Seldom do I sit down with a member of the press and struggle to pull away from the conversation nearly three hours later. An enormous THANK YOU to Steve Smith and The Boston Globe for taking the time for this interview, and to Anil Prasad and Stephen Humphries for the introduction. In the article, published online yesterday and in print today, Bent Knee discusses band origins, the creative process, and our upcoming record, "Say So", which comes out in May on Cuneiform Records.
Via The Boston Globe:
With heady buzz and a new LP, Bent Knee bids for the big time
Early in December, a clutch of journalists and curiosity seekers from Boston and beyond arrived at the Space, a cozy gallery and concert venue tucked away on a quiet street in Jamaica Plain, to witness a remarkable sight. Bent Knee, a young local sextet, had packed the room on a frigid Saturday night. A disparate mix of friends and devotees, young and old, gathered not just to hear the group’s newly completed third LP played from start to finish, but also to lend their voices to a few climactic choruses. Since the concert was being filmed for potential release, the crowd obligingly sat on the floor.
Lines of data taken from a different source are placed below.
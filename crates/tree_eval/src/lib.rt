//! Trees evaluated: as tests, and as bodies, over the state of an object or over none.
#![tactic(auto)]

mod answer;
mod plain;
mod prepared;
#[cfg(test)]
mod tests;
mod truth;

pub use plain::eval_plain;
pub use prepared::{Prepared, eval};
pub use truth::test;
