//! Trees as tests.
ghost use Rattle.std.specs.Prelude.{◌≡◌, ℕ, unwrap_or, slice_get, false};
ghost use Rattle.std.specs.Option.{option_copied};
ghost use Rattle.dyn_value.specs.Kinds.{kind_of, same_kind};
ghost use Rattle.expr_tree.specs.Meanings as spec;
ghost use Rattle.expr_tree.specs.Meanings.{passes, passes_there, node_test};

use dyn_value::{DynText, Kind, Value};
use expr_tree::{Node, Tree};
use sqlite_items::at;

/// Whether the tree is true as a test, of these operands and the class of this number: whether its last node is. A
/// node that is no test is false, but for the constant true. It takes no memory.
pub fn test(tree: &Tree, operands: &[Value], class: u128) -> bool
    ensures { result ≡ passes tree.now operands.now class }
{
    let nodes = tree.nodes();
    let mut truths = [false; Tree::MOST_NODES];
    for (number, node) in nodes.iter().enumerate() {
        truths[number] = is_true(node, operands, class, &truths[..number]);
    }
    truths[nodes.len() - 1]
}

/// Whether the node is true, where those before it have these truth values.
fn is_true(node: &Node, operands: &[Value], class: u128, before: &[bool]) -> bool
    ensures { result ≡ node_test operands.now class before.now node.now }
{
    match node {
        Node::Const(Value::Bool(truth)) => *truth,
        Node::IsKind(operand, kind) => has_kind(at(operands, *operand as usize), *kind),
        Node::IsFun(operand, number) => is_fun(at(operands, *operand as usize), *number),
        Node::IsKey(operand, text) => is_text(at(operands, *operand as usize), text),
        Node::LongKey(operand) => is_long(at(operands, *operand as usize)),
        Node::IsClass(number) => class == *number,
        Node::Both(left, right) => truth_of(before, *left) && truth_of(before, *right),
        _ => false,
    }
}

/// The truth value of the node of that number; false where there is none.
fn truth_of(before: &[bool], number: u8) -> bool
    ensures { result ≡ unwrap_or (slice_get before.now number) false }
{
    match at(before, number as usize) {
        Some(truth) => *truth,
        None => false,
    }
}

/// Whether the operand is there and has the kind.
fn has_kind(operand: Option<&Value>, kind: Kind) -> bool
    ensures { result ≡ passes_there (λ v. same_kind (kind_of v) kind) (option_copied operand.entry) }
{
    match operand {
        Some(value) => value.kind() == kind,
        None => false,
    }
}

/// Whether the operand is there and is that function.
fn is_fun(operand: Option<&Value>, number: u32) -> bool
    ensures { result ≡ passes_there (spec.is_fun number) (option_copied operand.entry) }
{
    match operand {
        Some(Value::Fun(function)) => *function == number,
        _ => false,
    }
}

/// Whether the operand is there and is that text.
fn is_text(operand: Option<&Value>, text: &DynText) -> bool
    ensures { result ≡ passes_there (spec.is_text text.now) (option_copied operand.entry) }
{
    match operand {
        Some(Value::Text(characters)) => characters.same(text),
        _ => false,
    }
}

/// Whether the operand is there and is a text of more than 64 bytes.
fn is_long(operand: Option<&Value>) -> bool
    ensures { result ≡ passes_there spec.is_long (option_copied operand.entry) }
{
    match operand {
        Some(Value::Text(characters)) => characters.as_str().len() > 64,
        _ => false,
    }
}
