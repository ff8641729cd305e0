//! Bodies over the state of an object: copies are prepared first, and written then.
ghost use Rattle.std.specs.Prelude.{◌≡◌, ◌≤◌, List, IfOk, OnOk, unwrap_or};
ghost use Rattle.dyn_value.specs.declared.value.Value.{Value as Operand};
ghost use Rattle.expr_tree.specs.Meanings.{answer_in, state_after, IsThere};
ghost use Rattle.expr_tree.specs.Trees.{root};
ghost use Rattle.expando_object.specs.State.{class_in, names_in, values_in, spare_in};
ghost use Rattle.tree_eval.specs.States.{state_of, value_written, HasRoom, answer_kept, IsPrepared, IsClassAfter, names_after};

use crate::answer::{answer, copy_of};
use dyn_value::{Outcome, Value};
use expando_class::ClassRef;
use expando_object::ObjState;
use expr_tree::{Body, Node};
use std::alloc::{AllocError, Global};

/// What a body will answer and write.
#[derive(Drop)]
pub struct Prepared {
    outcome: Outcome,
    written: Option<Value>,
}

impl Prepared {
    /// Copies what the body will answer of these operands and this state, and what it will write, and makes room for a
    /// value that it appends. The one error is want of memory. Either way the state's class, names and values stay, and
    /// the room that it had.
    pub fn make(
        alloc: Global,
        body: &Body,
        operands: &[Value],
        state: &mut ObjState,
    ) -> Result<Prepared, AllocError>
        // Its root names only operands and places that are there.
        requires { IsThere operands.now (values_in state.old) (root body.now) }
        ensures prepared { IfOk result (λ p. IsPrepared p operands.now state.new (root body.now)) }
        ensures class { class_in state.new ≡ class_in state.old }
        ensures values { values_in state.new ≡ values_in state.old }
        ensures spare { spare_in state.old ≤ spare_in state.new }
    {
        let root = body.root();
        make_room(root, state)?;
        let outcome = answer_over(alloc, root, operands, state)?;
        let written = copy_to_write(root, operands)?;
        Ok(Prepared { outcome, written })
    }

    /// What the body will answer.
    pub fn outcome(&self) -> &Outcome
        ensures { result.now ≡ answer_kept self.now }
    {
        &self.outcome
    }
}

/// Writes what was prepared, and answers what was. `after` is the class that an `Append` or a `Remove` names, and `None`
/// for any other root. It takes no memory.
pub fn eval(
    body: &Body,
    prepared: Prepared,
    state: &mut ObjState,
    after: Option<ClassRef>,
) -> Outcome
    // It was prepared for this body and this state.
    requires prepared { (ops : List Operand) × IsPrepared prepared ops state.old (root body.now) }
    requires after { IsClassAfter after (names_in state.old) (root body.now) }
    ensures kept { result ≡ answer_kept prepared }
    ensures outcome { (ops : List Operand) → IsPrepared prepared ops state.old (root body.now)
        → result ≡ answer_in ops (state_of state.old) (root body.now) }
    ensures state { (ops : List Operand) → IsPrepared prepared ops state.old (root body.now)
        → state_of state.new ≡ state_after ops (names_after after) (state_of state.old) (root body.now) }
    ensures class { class_in state.new ≡ unwrap_or after (class_in state.old) }
{
    match (body.root(), prepared.written, after) {
        (Node::Write(place, _), Some(value), _) => {
            state.write(*place, value);
        }
        (Node::Append(_, _), Some(value), Some(class)) => state.append(class, value),
        (Node::Remove(place, _), _, Some(class)) => {
            state.remove(*place, class);
        }
        _ => {}
    }
    prepared.outcome
}

/// Makes room for one more value where the node appends. Class and values stay.
fn make_room(node: &Node, state: &mut ObjState) -> Result<(), AllocError>
    ensures room { OnOk result (HasRoom state.new node.now) }
    ensures class { class_in state.new ≡ class_in state.old }
    ensures values { values_in state.new ≡ values_in state.old }
    ensures spare { spare_in state.old ≤ spare_in state.new }
{
    match node {
        Node::Append(_, _) => state.reserve(),
        _ => Ok(()),
    }
}

/// What a body with this root answers of the operands and the state.
fn answer_over(
    alloc: Global,
    node: &Node,
    operands: &[Value],
    state: &ObjState,
) -> Result<Outcome, AllocError>
    requires { IsThere operands.now (values_in state.now) node.now }
    ensures { IfOk result (λ o. o ≡ answer_in operands.now (state_of state.now) node.now) }
{
    // There are as many values as names.
    let _class = state.class();
    match node {
        Node::Read(place) => Ok(Outcome::Value(state.read(*place).copy()?)),
        Node::Write(_, _) | Node::Append(_, _) | Node::Remove(_, _) => {
            Ok(Outcome::Value(Value::Nil))
        }
        _ => answer(alloc, node, operands),
    }
}

/// A copy of the operand that a body with this root writes.
fn copy_to_write(node: &Node, operands: &[Value]) -> Result<Option<Value>, AllocError>
    requires { (values : List Operand) × IsThere operands.now values node.now }
    ensures { IfOk result (λ v. v ≡ value_written operands.now node.now) }
{
    Ok(match node {
        Node::Write(_, number) | Node::Append(_, number) => Some(copy_of(operands, *number)?),
        _ => None,
    })
}
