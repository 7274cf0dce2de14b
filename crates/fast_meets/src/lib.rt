// Rule 13 with each pair of edges asked once: the words in specs/, the theorems in proofs/. There is no code.
#![tactic(auto)]
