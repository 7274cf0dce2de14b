// Sets of numbers below 64: a bit of one word for each.
#![tactic(auto)]

ghost use Rattle.std.specs.Prelude.{◌≡◌, Bool, true, List, [], ◌≤◌, ◌<◌, eqb, length, replicate};
ghost use Rattle.sets.specs.Word.{digits, dig, both, either, less, only};
ghost use Rattle.sets.specs.Kinds.{Joint, Minus, Counted, Lowest, Dropped, Rest, Pops, SetAt};
ghost use Rattle.sets.specs.Sets.{room, Is, size, one_word, with_set, MarkedAt};

#[derive(Clone, Copy)]
pub struct Set {
    pub word: u64,
}

// A set of edges or of candidates.
pub type Wide = Set;

impl Set {
    pub fn and(self, y: Set) -> Set
        ensures { Joint one_word self y result both }
    {
        Set {
            word: self.word & y.word,
        }
    }

    pub fn or(self, y: Set) -> Set
        ensures { Joint one_word self y result either }
    {
        Set {
            word: self.word | y.word,
        }
    }

    // What is in self and not in y.
    pub fn minus(self, y: Set) -> Set
        ensures { Minus one_word self y result }
    {
        Set {
            word: self.word & !y.word,
        }
    }

    // What is in one and not in the other.
    pub fn unlike(self, y: Set) -> Set
        ensures { Joint one_word self y result (λ a b. either (less a b) (less b a)) }
    {
        Set {
            word: self.word ^ y.word,
        }
    }

    // How many are in the set.
    pub fn count(self) -> usize
        ensures { Counted one_word self result }
    {
        u64::count_ones(self.word) as usize
    }

    // Whether none is in the set: cheaper than the count.
    pub fn is_empty(self) -> bool
        ensures { result ≡ eqb (size self) 0 }
    {
        self.word == 0
    }

    pub fn lowest(self) -> usize
        requires { 0 < size self }
        ensures { Lowest one_word self result }
    {
        u64::trailing_zeros(self.word) as usize
    }

    // The set without its lowest: cheaper than `without`.
    pub fn rest(self) -> Set
        requires { 0 < size self }
        ensures { Rest one_word self result }
    {
        Set {
            word: self.word & (self.word - 1),
        }
    }

    // Takes the lowest out, if there is one.
    pub fn pop_first(&mut self) -> Option<usize>
        ensures { Pops one_word self.old self.new result }
    {
        if self.is_empty() {
            return None;
        }
        let k = self.lowest();
        *self = self.rest();
        Some(k)
    }

    pub fn with(self, k: usize) -> Set
        requires { k < room }
        ensures { (a : List Bool) → Is self a → Is result (either a (only k)) }
    {
        Set {
            word: self.word | (1u64 << k),
        }
    }

    pub fn without(self, k: usize) -> Set
        requires { k < room }
        ensures { Dropped one_word self k result }
    {
        Set {
            word: self.word & !(1u64 << k),
        }
    }

    pub fn none() -> Set
        ensures { Is result [] }
    {
        Set { word: 0 }
    }

    // The n lowest.
    pub fn lowest_of(n: usize) -> Set
        requires { n ≤ room }
        ensures { Is result (replicate n true) }
    {
        if n < 64 {
            return Set {
                word: (1u64 << n) - 1,
            };
        }
        Set { word: !0u64 }
    }

    // k alone.
    pub fn just(k: usize) -> Set
        requires { k < room }
        ensures { Is result (only k) }
    {
        Set { word: 1u64 << k }
    }

    pub fn has(self, k: usize) -> bool
        requires { k < room }
        ensures { (a : List Bool) → Is self a → result ≡ dig a k }
    {
        (self.word >> k) & 1 == 1
    }

    // The set at place k of a list of words.
    pub fn at(words: &[u64], k: usize) -> Set
        requires { k < length words.now }
        ensures { SetAt one_word words.now k result }
    {
        Set { word: words[k] }
    }

    // The set at place k is now this one.
    pub fn put(words: &mut [u64], k: usize, set: Set)
        requires { k < length words.old }
        ensures { words.new ≡ with_set words.old k set }
    {
        words[k] = set.word;
    }

    // i is now in the set at place k.
    pub fn mark(words: &mut [u64], k: usize, i: usize)
        requires { (k < length words.old) × (i < room) }
        ensures { MarkedAt words.old k i words.new }
    {
        words[k] = words[k] | 1u64 << i;
    }
}

// Whether digit k of a word is 1.
pub fn is_set(word: u64, k: usize) -> bool
    requires { k < room }
    ensures { result ≡ dig (digits room word) k }
{
    let set = Set { word: word };
    set.has(k)
}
Said album, “Say So,” resoundingly demonstrated the increasing refinement and confidence of a group that doesn’t quite fit any conventional pigeonhole. Bent Knee’s emphatic crunch and knack for complexity, mixed with lively wit, have aligned it loosely with that most marginalized of genres, progressive rock. Live, the band projects visceral glee, exactingly harmonized and wholly infectious.
Courtney Swain, Bent Knee’s dramatically potent lead vocalist and pianist, delivers emphatic, enigmatic lyrics in a manner that can evoke Björk, Alanis Morissette, or Joanna Newsom while sounding like no one but herself. Vince Welch, the sound designer who shapes and sculpts the group’s performances onstage and in the studio, adds still more shades to an expansive palette: electronica, classic pop, heavy metal, and hip-hop all figure into Bent Knee’s matrix somewhere.
Exactly one month after the show, five band members — Swain, Welch, guitarist Ben Levin, violinist Chris Baum, and bassist Jessica Kion — huddled around a table in a Newbury Street cafe for an interview. Drummer Gavin Wallace-Ailsworth had been done in by travel, his bandmates compensating with tangled narrative threads and oversize ebullience.
They’ve got plenty to be excited about. Thanks in part to Anil Prasad, purveyor of the influential progressive-music webzine Innerviews (www.innerviews.org), word about Bent Knee has spread well beyond its supportive Boston home base. Having self-released two albums and an EP, the band will issue “Say So” on the venerated US indie Cuneiform Records in May. And while Bent Knee still books its own shows stateside, it recently joined Paperclip Agency — whose roster includes Afrika Bambaataa, Shonen Knife, and Television — to coordinate European touring.